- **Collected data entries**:
* * * *
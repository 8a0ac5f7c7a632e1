// Laws about the definitions in specs/, each the contract of a function that does nothing.
ghost use Rattle.std.specs.Prelude.{◌≡◌, ℕ, ◌+◌, ◌-◌, ◌*◌, ◌%◌, ◌^◌, ◌<◌, Some, IsTrue, false, length};
ghost use Rattle.std.specs.List.{list_all};
ghost use Rattle.machine_effect.specs.OperationCases as operations;
ghost use Rattle.machine_effect.specs.FlagCases as flags;
ghost use Rattle.machine_effect.specs.declared.effect.Access.{Access};
ghost use Rattle.machine_effect.specs.declared.effect.Atom.{Atom};
ghost use Rattle.machine_effect.specs.declared.effect.Effect.{Effect};
ghost use Rattle.machine_effect.specs.declared.effect.Value.{Value};
ghost use Rattle.machine_effect.specs.declared.flag_rule.FlagRule.{FlagRule};
ghost use Rattle.machine_effect.specs.declared.flow.Shape.{Shape};
ghost use Rattle.machine_effect.specs.declared.state.Flags.{Flags};
ghost use Rattle.machine_effect.specs.declared.op.Op.TheVariants.{Copy, Add, Subtract};
ghost use Rattle.machine_effect.specs.declared.state.State.{State};
ghost use Rattle.machine_effect.specs.Memory.{Memory, number_at, word_at, bytes_of, put};
ghost use Rattle.machine_effect.specs.Values.{atom_of};
ghost use Rattle.machine_effect.specs.Applies.{IsState, link_of};
ghost use Rattle.machine_effect.specs.Flow.{flow_of};
ghost use Rattle.machine_effect.specs.FlagsAfter.{flags_by};
ghost use Rattle.machine_effect.specs.Witness.{flags_told, is_by_zero, AreTold};
ghost use Rattle.machine_effect.specs.Steps.{StateStays, FlowTells, LinksThrough, WritesOne, WritesValue, IsWord, GivesOnly};
ghost use Rattle.machine_effect.specs.Stores.{HasLowNumbers, BytesStay, LeavesMissed, LoadsNumber};

// The operations, flag rules and conditions give what is listed of them.
fn meets_cases()
    ensures operations { IsTrue (list_all operations.is_met operations.cases) }
    ensures flags { IsTrue (list_all flags.is_met flags.flag_cases) }
    ensures conditions { IsTrue (list_all flags.is_told flags.cond_cases) }
{}

/// Each effect keeps the widths of a state's numbers.
pub fn keeps_widths()
    ensures { (effect : Effect) → StateStays effect }
{}

/// What the flow of each effect says of its steps. `effect_flow` says it of the effect that it's given.
pub fn flow_tells()
    ensures { (effect : Effect) (shape : Shape) → FlowTells effect shape (flow_of effect shape) }
{}

/// A call through a link register leaves there the address just behind the instruction.
pub fn call_links()
    ensures { (effect : Effect) (link : ℕ) → link_of effect.next ≡ Some link → LinksThrough effect link }
{}

/// An effect with one write leaves that value in its register, and all other registers as they were.
pub fn one_write()
    ensures { (effect : Effect) (register : ℕ) (value : Value)
        → WritesOne effect register value → WritesValue effect register value }
{}

/// What a copy, a sum and a difference of 64 bits give.
pub fn word_values()
    ensures copy { (value : Value) (a b : Atom) → IsWord value Copy a b
        → GivesOnly value (λ state loaded. atom_of state loaded a % 2 ^ 64) }
    ensures sum { (value : Value) (a b : Atom) → IsWord value Add a b
        → GivesOnly value (λ state loaded. (atom_of state loaded a + atom_of state loaded b) % 2 ^ 64) }
    ensures difference { (value : Value) (a b : Atom) → IsWord value Subtract a b
        → GivesOnly value (λ state loaded. (atom_of state loaded a + (2 ^ 64 - atom_of state loaded b % 2 ^ 64)) % 2 ^ 64) }
{}

/// A load gives the number that stands at its address, and a number in memory has no more bits than its bytes.
pub fn loads_numbers()
    ensures loads { (effect : Effect) (access : Access) → effect.load ≡ Some access → LoadsNumber effect access }
    ensures low { (state : State) (width : ℕ) → IsState state → HasLowNumbers state width }
    ensures word { (state : State) (at word : ℕ) → IsState state → word_at state.mem at ≡ Some word → word < 2 ^ 64 }
{}

/// A store leaves the bytes that it misses, and so the number that they make; and a number that is put is there.
pub fn stores_numbers()
    ensures missed { (effect : Effect) → LeavesMissed effect }
    ensures number { (before after : Memory) (at count : ℕ)
        → BytesStay before after at count → number_at after at count ≡ number_at before at count }
    ensures put { (memory : Memory) (at count number : ℕ)
        → number_at (put memory at (bytes_of count number)) at count ≡ Some (number % 2 ^ (8 * count)) }
    ensures length { (count number : ℕ) → length (bytes_of count number) ≡ count }
{}

/// The letters of a flag rule tell what it does to each flag, but for a shift and a rotation by 0, which keep all.
pub fn letters_tell_flags()
    ensures { (rule : FlagRule) (before : Flags) (atom : Atom → ℕ) → is_by_zero atom rule ≡ false
        → AreTold (flags_told rule) before (flags_by before atom rule) }
{}
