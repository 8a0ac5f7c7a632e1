use crate::cond::Cond;
use crate::effect::Atom;

/// Where the machine goes on after an instruction. Goals are addresses.
#[derive(Clone, Copy, Debug, Default, PartialEq, Eq)]
pub enum Next {
    /// Behind the instruction.
    #[default]
    Fall,
    /// At the goal where the condition holds, otherwise behind the instruction.
    Branch { cond: Cond, goal: u64 },
    /// At this address.
    Jump(u64),
    /// At the address that the atom has.
    JumpTo(Atom),
    /// A call of the goal. The address behind the instruction goes into the register `link`; with none it is
    /// pushed.
    Call { goal: u64, link: Option<u8> },
    /// A call of the address that the atom has.
    CallTo { goal: Atom, link: Option<u8> },
    /// A return from a call: to the word at the stack pointer on amd64, to the link register elsewhere.
    Return,
    /// A system call.
    System,
    /// There is no further instruction (UNDEF).
    Stop,
}
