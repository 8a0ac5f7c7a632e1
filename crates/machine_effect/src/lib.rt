//! What an instruction does to registers, memory and flags, as data, and what follows from that data
//! about the stack pointer and the link register. The three instruction lists (amd64, arm64, riscv64)
//! give each of their instructions as an `Effect`; the meaning of an effect is the relation `Applies`
//! of `specs/Applies.antt`.
#![tactic(auto)]

mod cond;
mod effect;
mod flag_rule;
mod flow;
mod frame;
mod laws;
mod mem;
mod next;
mod op;
mod page;
mod pages;
mod state;

pub use cond::Cond;
pub use effect::{Access, Atom, Effect, Value, WideValue};
pub use flag_rule::FlagRule;
pub use flow::{Flow, Shape, SpMove, effect_flow};
pub use frame::{Calls, Frame};
pub use laws::{
    call_links, flow_tells, keeps_widths, letters_tell_flags, loads_numbers, one_write,
    stores_numbers, word_values,
};
pub use mem::Mem;
pub use next::Next;
pub use op::{Division, Logic, Op, Shift, Signs, Word};
pub use state::{Flags, State};
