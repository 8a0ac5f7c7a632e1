use crate::effect::Atom;

/// A condition: of the flags, or of registers. Comparisons take their atoms modulo 2^width.
#[derive(Clone, Copy, Debug, Default, PartialEq, Eq)]
pub enum Cond {
    /// The carry flag is set: CS and LO of amd64, HS of arm64.
    #[default]
    Carry,
    /// CC and HS of amd64, LO of arm64.
    NoCarry,
    /// EQ.
    Zero,
    /// NE.
    NotZero,
    /// MI.
    Negative,
    /// PL.
    NotNegative,
    /// OS of amd64, VS of arm64.
    Over,
    /// OC of amd64, VC of arm64.
    NotOver,
    /// PS of amd64.
    ParityEven,
    /// PC of amd64.
    ParityOdd,
    /// LS of amd64: carry or zero is set.
    CarryOrZero,
    /// HI of amd64: neither is set.
    NeitherCarryNorZero,
    /// HI of arm64: carry is set and zero isn't.
    CarryNotZero,
    /// LS of arm64: carry is clear or zero is set.
    NoCarryOrZero,
    /// LT: sign and over differ.
    Less,
    /// GE: sign and over agree.
    GreaterOrEqual,
    /// LE: zero is set, or sign and over differ.
    LessOrEqual,
    /// GT: zero is clear, and sign and over agree.
    Greater,
    /// Both atoms have one value: BEQ, CBZ, and what CMPXCHG and CASALD ask.
    Equal { a: Atom, b: Atom, width: u8 },
    /// BNE, CBNZ.
    NotEqual { a: Atom, b: Atom, width: u8 },
    /// a is below b as signed numbers: BLT, SLT.
    SignedBelow { a: Atom, b: Atom, width: u8 },
    /// BGE.
    SignedNotBelow { a: Atom, b: Atom, width: u8 },
    /// a is below b as unsigned numbers: BLTU, SLTU.
    Below { a: Atom, b: Atom, width: u8 },
    /// BGEU.
    NotBelow { a: Atom, b: Atom, width: u8 },
    /// This bit of the atom is set: TBNZ.
    BitSet { a: Atom, bit: u8 },
    /// TBZ.
    BitClear { a: Atom, bit: u8 },
}
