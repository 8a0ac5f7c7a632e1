use crate::cond::Cond;

/// How a number is moved within its width. The count is taken modulo the width.
#[derive(Clone, Copy, Debug, Default, PartialEq, Eq)]
pub enum Shift {
    /// Towards the high bits, zeros behind.
    #[default]
    Left,
    /// Towards the low bits, zeros behind.
    Right,
    /// Towards the low bits, copies of the highest bit behind.
    RightSigned,
    /// Towards the high bits, what leaves comes in below.
    RotateLeft,
    /// Towards the low bits, what leaves comes in above.
    RotateRight,
}

/// An operation bit by bit.
#[derive(Clone, Copy, Debug, Default, PartialEq, Eq)]
pub enum Logic {
    #[default]
    And,
    Or,
    Xor,
    /// The first and the complement of the second (BIC).
    AndNot,
    /// The first or the complement of the second (ORN).
    OrNot,
}

/// How the factors of a product are read.
#[derive(Clone, Copy, Debug, Default, PartialEq, Eq)]
pub enum Signs {
    #[default]
    Unsigned,
    Signed,
    /// The first signed, the second unsigned (MULHSU).
    SignedUnsigned,
}

/// A division. The manuals differ in what a divisor of 0 gives, and in where the dividend stands.
#[derive(Clone, Copy, Debug, Default, PartialEq, Eq)]
pub enum Division {
    /// DIV of amd64: b and a, joined to a number of twice the width with b on top, by c. It fails where c is
    /// 0 or the quotient doesn't fit.
    #[default]
    DoubleQuotient,
    /// The remainder of `DoubleQuotient`, which fails where that fails.
    DoubleRemainder,
    /// IDIV of amd64: the same on signed numbers, rounded towards 0.
    SignedDoubleQuotient,
    /// The remainder of `SignedDoubleQuotient`, with the dividend's sign.
    SignedDoubleRemainder,
    /// UDIV of arm64: a by b, and 0 where b is 0.
    QuotientOrZero,
    /// SDIV of arm64: the same on signed numbers, rounded towards 0; the least number by -1 gives itself.
    SignedQuotientOrZero,
    /// DIVU of riscv64: a by b, and all ones where b is 0.
    QuotientOrOnes,
    /// DIV of riscv64: the same on signed numbers, rounded towards 0; the least number by -1 gives itself.
    SignedQuotientOrOnes,
    /// REMU of riscv64: what a by b leaves, and a where b is 0.
    RemainderOrDividend,
    /// REM of riscv64: the same on signed numbers, with the dividend's sign.
    SignedRemainderOrDividend,
}

/// An operation on 32 bits whose result is sign extended to 64 (the forms of riscv64 that end in W).
#[derive(Clone, Copy, Debug, Default, PartialEq, Eq)]
pub enum Word {
    #[default]
    Add,
    Subtract,
    Shift(Shift),
    Multiply,
    Divide(Division),
}

/// An operation on the atoms a, b and c of a value, at the value's width of w bits. Atoms are taken modulo
/// 2^w, and so is the result, unless a line says otherwise. The operations are those of the Intel 64
/// manual (volume 2), the Arm A64 manual and the RISC-V manual (RV64IMA).
#[derive(Clone, Copy, Debug, Default, PartialEq, Eq)]
pub enum Op {
    /// a.
    #[default]
    Copy,
    /// The lowest b bits of a, sign extended. b is at least 1.
    SignExtend,
    /// What a of up to 128 bits has above its lowest 64 bits.
    Upper,
    /// a with b above its 64 bits, at width 128.
    Pair,
    /// a plus b.
    Add,
    /// a plus b plus the carry flag (ADC).
    AddCarry,
    /// a minus b.
    Subtract,
    /// a minus b minus the carry flag (SBB).
    SubtractBorrow,
    /// a plus c plus b times this factor: the address of LEAQ with an index.
    AddScaled(u8),
    /// a and b, bit by bit.
    Logic(Logic),
    /// a plus b, where b is shifted by c first (shifted registers of arm64).
    AddShifted(Shift),
    /// a minus b, where b is shifted by c first.
    SubtractShifted(Shift),
    /// a and b bit by bit, where b is shifted by c first.
    LogicShifted(Logic, Shift),
    /// The bits that a has in b, and those of c: MOVK.
    Insert,
    /// a shifted by b.
    Shift(Shift),
    /// The low part of a times b.
    Multiply,
    /// a plus b times c (MADD).
    MultiplyAdd,
    /// a minus b times c (MSUB).
    MultiplySubtract,
    /// The high part of a times b: what stands above its lowest w bits.
    MultiplyHigh(Signs),
    /// A quotient or a remainder.
    Divide(Division),
    /// An operation on 32 bits, sign extended.
    Word(Word),
    /// UBFM of arm64 with r as b and s as c: the bits r to s of a, at the bottom; where s is below r, the bits
    /// 0 to s of a, moved up by w minus r.
    BitField,
    /// SBFM of arm64: the same, sign extended from the field's highest bit.
    SignedBitField,
    /// BSF: the number of a's lowest set bit. Where a is 0, any number of 64 bits.
    LowestSet,
    /// BSR: the number of a's highest set bit. Where a is 0, any number of 64 bits.
    HighestSet,
    /// How many bits of a are set (POPCNT).
    CountOnes,
    /// How many bits of a stand above its highest set bit (CLZ).
    LeadingZeros,
    /// The bits of a in reverse order (RBIT).
    ReverseBits,
    /// The bytes of a in reverse order (BSWAP, REV).
    ReverseBytes,
    /// a where the condition holds, otherwise b (CMOV, CSEL).
    Choose(Cond),
    /// a where the condition holds, otherwise b plus 1 (CSINC).
    ChooseIncrement(Cond),
    /// a where the condition holds, otherwise the complement of b (CSINV).
    ChooseInvert(Cond),
    /// a where the condition holds, otherwise minus b (CSNEG).
    ChooseNegate(Cond),
    /// a with its lowest byte replaced by 1 where the condition holds, otherwise by 0 (SETcc).
    SetByte(Cond),
    /// Any number below 2^w (CPUID, RDTSC).
    Any,
}
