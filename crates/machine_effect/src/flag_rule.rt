use crate::effect::Atom;
use crate::op::{Logic, Shift};

/// What an instruction does to the five flags. Atoms are taken modulo 2^width. Where a line says that a flag
/// is free, the manual leaves it undefined and any value is allowed.
#[derive(Clone, Copy, Debug, Default, PartialEq, Eq)]
pub enum FlagRule {
    /// All flags stay.
    #[default]
    Keep,
    /// All flags are free (DIV, IDIV).
    Free,
    /// All five by a plus b (ADD, XADD).
    Add {
        a: Atom,
        b: Atom,
        width: u8,
    },
    /// All five by a plus b plus the carry flag (ADC).
    AddCarry {
        a: Atom,
        b: Atom,
        width: u8,
    },
    /// All five by a minus b; carry is the borrow (SUB, CMP, NEG, CMPXCHG).
    Subtract {
        a: Atom,
        b: Atom,
        width: u8,
    },
    /// All five by a minus b minus the carry flag; carry is the borrow (SBB).
    SubtractBorrow {
        a: Atom,
        b: Atom,
        width: u8,
    },
    /// Carry and over are cleared; zero, sign and parity by the result (AND, OR, XOR, TEST).
    Logic {
        logic: Logic,
        a: Atom,
        b: Atom,
        width: u8,
    },
    /// Carry stays; the others by a plus 1 (INC).
    Increment {
        a: Atom,
        width: u8,
    },
    /// Carry stays; the others by a minus 1 (DEC).
    Decrement {
        a: Atom,
        width: u8,
    },
    /// With a count that isn't 0 modulo the width: zero, sign and parity by the shifted number, carry and over
    /// free. Otherwise all stay (SHL, SHR, SAR).
    Shift {
        shift: Shift,
        a: Atom,
        count: Atom,
        width: u8,
    },
    /// With a count that isn't 0 modulo the width carry and over are free. The others stay, and with the count
    /// 0 all do (ROL).
    Rotate {
        count: Atom,
        width: u8,
    },
    /// Carry and over are set where the product has more than the width's bits; the others are free (MUL).
    Multiply {
        a: Atom,
        b: Atom,
        width: u8,
    },
    /// Carry and over are set where the signed product doesn't fit the width; the others are free (IMUL).
    SignedMultiply {
        a: Atom,
        b: Atom,
        width: u8,
    },
    /// Zero is set where the atom is 0; the others are free (BSF, BSR).
    Scan {
        a: Atom,
        width: u8,
    },
    /// Zero is set where the atom is 0; the others are cleared (POPCNT).
    CountOnes {
        a: Atom,
        width: u8,
    },
    /// Parity stays; the others by a plus the shifted b at 64 bits (ADDS of arm64).
    AddShifted {
        a: Atom,
        b: Atom,
        shift: Shift,
        count: u8,
    },
    /// Parity stays; the others by a minus the shifted b at 64 bits; carry means that nothing was borrowed (SUBS of
    /// arm64).
    SubtractShifted {
        a: Atom,
        b: Atom,
        shift: Shift,
        count: u8,
    },
    /// Parity stays, carry and over are cleared; zero and sign by a and the shifted b at 64 bits (ANDS of arm64).
    AndShifted {
        a: Atom,
        b: Atom,
        shift: Shift,
        count: u8,
    },
}
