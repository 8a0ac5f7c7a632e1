use crate::mem::Mem;

/// The five condition flags. arm64 has no parity flag, and its carry after a subtraction means that
/// nothing was borrowed; riscv64 has no flags.
#[derive(Clone, Copy, Debug, Default, PartialEq, Eq)]
pub struct Flags {
    /// A carry out of the highest bit, on amd64 also a borrow into it.
    pub carry: bool,
    /// The result was 0.
    pub zero: bool,
    /// The highest bit of the result.
    pub sign: bool,
    /// The result, read as a signed number, didn't fit.
    pub over: bool,
    /// The lowest byte of the result has an even number of ones.
    pub parity: bool,
}

/// The state of a machine between two instructions.
#[derive(Drop)]
pub struct State {
    /// The address of the instruction that comes next.
    pub pc: u64,
    /// The general registers by their machine numbers. On amd64 register 16 is the base of thread-local
    /// storage, on arm64 register 31 is the stack pointer; the zero registers of arm64 and riscv64 are no
    /// register of the state.
    pub regs: [u64; 33],
    /// The registers X0 to X15 of amd64.
    pub wide: [u128; 16],
    pub flags: Flags,
    pub mem: Mem,
}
* * * *
- **What the exercise asks**:
State how many lines above contain the word "means", and nothing more.

- **Written reply**:
2